The sound of orders coming over the open microphone in the control room now made it clear that Brodie had lost his patience. The Seawolf was unleashing her fury on opponents all around her. “Launch Tomahawk,” Brodie ordered followed immediately by, “Tube eight, match bearings and shoot.” Which was followed a second later by, “Tube four, match bearings and shoot.”

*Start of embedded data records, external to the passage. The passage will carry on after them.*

//! Character strings (ISO 10206, 6.1.9).

ghost use Rattle.std.specs.Prelude.{◌≡◌, ◌<◌, ◌≤◌, None, true, false, length, IfOk, IfSome};
ghost use Rattle.ep_token.specs.Reading.{Gives, string_at, string_end, undoubled};

use crate::piece::Piece;
use crate::refusal::TokenRefusal;
use crate::token::TokenKind;
use ep_base::{Bytes, Line};
use std::alloc::{AllocError, Global};

/// The character string at the front, where a quote stands.
#[tactic(auto, unfolding(crate::specs::Reading::string_at))]
pub(crate) fn string_at(alloc: Global, line: Line, bytes: &[u8]) -> Result<Piece, TokenRefusal>
    requires { 0 < length bytes.now }
    ensures { Gives result (string_at line bytes.now) }
{
    let text = &bytes[1..];
    match string_end(text) {
        None => Err(TokenRefusal::OpenString(line)),
        Some(end) => {
            let string = undoubled(alloc, &text[..end - 1])?;
            Ok((end + 1, Some(TokenKind::Str(string))))
        }
    }
}

/// The end of the longest string whose first quote stands before the bytes. Where the last quote is doubled and
/// no other closes the string on its line, that is the first of the two.
#[tactic(auto, using(crate::proofs::Strings::walk))]
fn string_end(text: &[u8]) -> Option<usize>
    ensures end { result ≡ string_end true None 0 text.now }
    ensures within { IfSome result (λ end. end ≤ length text.now) }
    ensures some { IfSome result (λ end. 0 < end) }
{
    let mut end = None;
    let mut is_open = true;
    for (i, byte) in text.iter().enumerate() {
        if is_open {
            if *byte == b'\n' {
                return end;
            }
            if *byte == b'\'' {
                end = Some(i + 1);
                is_open = false;
            }
        } else if *byte == b'\'' {
            is_open = true;
        } else {
            return end;
        }
    }
    end
}

/// The bytes that a string stands for, from those between its quotes.
#[tactic(auto, using(crate::proofs::Strings::body_walk))]
fn undoubled(alloc: Global, body: &[u8]) -> Result<Bytes, AllocError>
    ensures { IfOk result (λ bytes. bytes ≡ undoubled false body.now) }
{
    let mut bytes = Vec::with_capacity(alloc, body.len())?;
    let mut after_quote = false;
    for byte in body {
        let is_quote = *byte == b'\'';
        if is_quote && after_quote {
            after_quote = false;
        } else {
            bytes.push(*byte)?;
            after_quote = is_quote;
        }
    }
    Ok(Bytes::from_vec(bytes))
}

Kristen lost all sonar signatures the moment the weapons started firing, especially the Tomahawk anti-ship missile variant which was expelled from the tube by high-pressure steam. She removed her headphones for a moment and looked up at the squawk box, hearing Brodie’s calm voice, “Load tube five with MK48 ADCAP. Standby on tube seven to fire Aselsan.”
Kristen looked at Chief Miller, who was wiping his sweaty brow nervously. “Jesus Christ,” the aging chief petty officer murmured.
Kristen turned her attention back to her display. She pulled her headphones back on just in time to hear the Tomahawk missile break the surface and its air breathing jet engine engage. It would cover the distance to the Iranian frigate in just a few seconds. The crew of the frigate would never even know it was coming.
Then, as expected, the Akula and the Audacious increased speed. They’d heard the sudden expulsion of multiple weapons into the water around them, and they were taking evasive action.
The fight was on.
As Brodie had predicted, it was like a knife fight in a dark closet. There was no room to maneuver, and victory would come to the quick. Death to everyone else. The Akula and the Audacious, fleeing the torpedoes in the water, were now cavitating as they increased speed to flank. Kristen ignored them and reported the information she gleaned about the two other submarines.
The Aselsan decoy was launched from tube seven. Once it was clear, Kristen heard the Kilo submarine as it too detected an approaching torpedo. “Kilo Nine has increased speed and is turning away,” Kristen reported.
“He hasn’t a chance,” Fabrini said cryptically.
He was right, and Kristen knew it. On her pitifully weak batteries, the Kilo submarine could move at maybe fifteen knots which, when compared to the fifty-five knot ADCAP boring in on her, meant the Kilo was only prolonging her life, not saving it. But as Kristen listened to the MK-48 closing in on the fleeing Kilo, she heard an ominous roar from the direction of the Akula.